Related Work & Insights¶
- vs. DesCo [Li et al.]: DesCo only performs text-domain augmentation, whereas WSCL performs dense triplet generation across both image and text domains, and they are complementary and superimposable.
- vs. MDETR [Kamath et al.]: MDETR relies on manually annotated grounding data, while WSCL automatically generates synthetic data, offering higher scalability.

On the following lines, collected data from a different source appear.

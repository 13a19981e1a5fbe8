//! What a service is to those who take turns at it, and nothing of how it goes: in `specs/` how a
//! book goes on, what stays of a service while others go on, and how many instructions the layers
//! that were built took.
#![tactic(auto)]

pub use book_log::Started;
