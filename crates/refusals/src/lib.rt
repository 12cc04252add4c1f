// What a call of the bank is refused for, by its numbers alone: 11, 17, 13 and, for a read, 18, in the order of document 01. The numbers come apart,
// as the bank is given them: a struct would be made for the call alone.
#![tactic(auto, using(terms::proofs::RefusalLaws::in_turn), unfolding(crate::specs::Refusals::call_refusal, crate::specs::Refusals::read_refusal))]

ghost use Rattle.std.specs.Prelude.{◌≡◌};
ghost use Rattle.terms.specs.Refusal.{refusal_in};
ghost use Rattle.refusals.specs.Refusals.{process_refusal, slot_refusal, tick_refusal, wait_refusal, call_refusal, read_refusal};

use terms::{ProcessNumber, Refusal, SlotNumber, Trace, Wait};

fn process_refusal(i: ProcessNumber) -> Result<(), Refusal>
    ensures { refusal_in result ≡ process_refusal i }
{
    if i.0 < 1 || Trace::PROCESSES < i.0 {
        return Err(Refusal::Process);
    }
    Ok(())
}

fn slot_refusal(c: SlotNumber) -> Result<(), Refusal>
    ensures { refusal_in result ≡ slot_refusal c }
{
    if Trace::SLOTS <= c.0 {
        return Err(Refusal::Register);
    }
    Ok(())
}

fn tick_refusal(last: u32, t: u32) -> Result<(), Refusal>
    ensures { refusal_in result ≡ tick_refusal last t }
{
    if Trace::TOP_TICK < t || t < last {
        return Err(Refusal::Tick);
    }
    Ok(())
}

fn wait_refusal(d: u32) -> Result<(), Refusal>
    ensures { refusal_in result ≡ wait_refusal d }
{
    if Wait::TOP < d && d != Wait::UNLIMITED {
        return Err(Refusal::Wait);
    }
    Ok(())
}

// What a read and a write are refused for alike: 11, 17, 13.
pub fn call_refusal(last: u32, i: ProcessNumber, c: SlotNumber, t: u32) -> Result<(), Refusal>
    ensures { refusal_in result ≡ call_refusal last i c t }
{
    process_refusal(i)?;
    slot_refusal(c)?;
    tick_refusal(last, t)
}

// A read is refused for its wait as well: 18.
pub fn read_refusal(
    last: u32,
    i: ProcessNumber,
    c: SlotNumber,
    t: u32,
    d: u32,
) -> Result<(), Refusal>
    ensures { refusal_in result ≡ read_refusal last i c t d }
{
    call_refusal(last, i, c, t)?;
    wait_refusal(d)
}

- vs. Pic2Word/LinCIR: These methods focus on zero-shot retrieval, whereas WSCL targets compositional understanding in detection tasks. Although the directions differ, they all tackle the compositional understanding bottleneck of VL models.
Rating¶
- Novelty: ⭐⭐⭐⭐ The joint design of weak-to-strong pseudo bounding box generation and structural contrastive learning is both novel and reasonable.
- Experimental Thoroughness: ⭐⭐⭐⭐⭐ Highly detailed ablation and multi-dimensional analysis including data scale, pseudo-bounding box strategies, and description lengths.
- Writing Quality: ⭐⭐⭐⭐ Logically clear, with motivation and effectiveness of each component supported by corresponding experiments.
- Value: ⭐⭐⭐⭐ Model-agnostic framework that directly promotes the field of language-guided detection.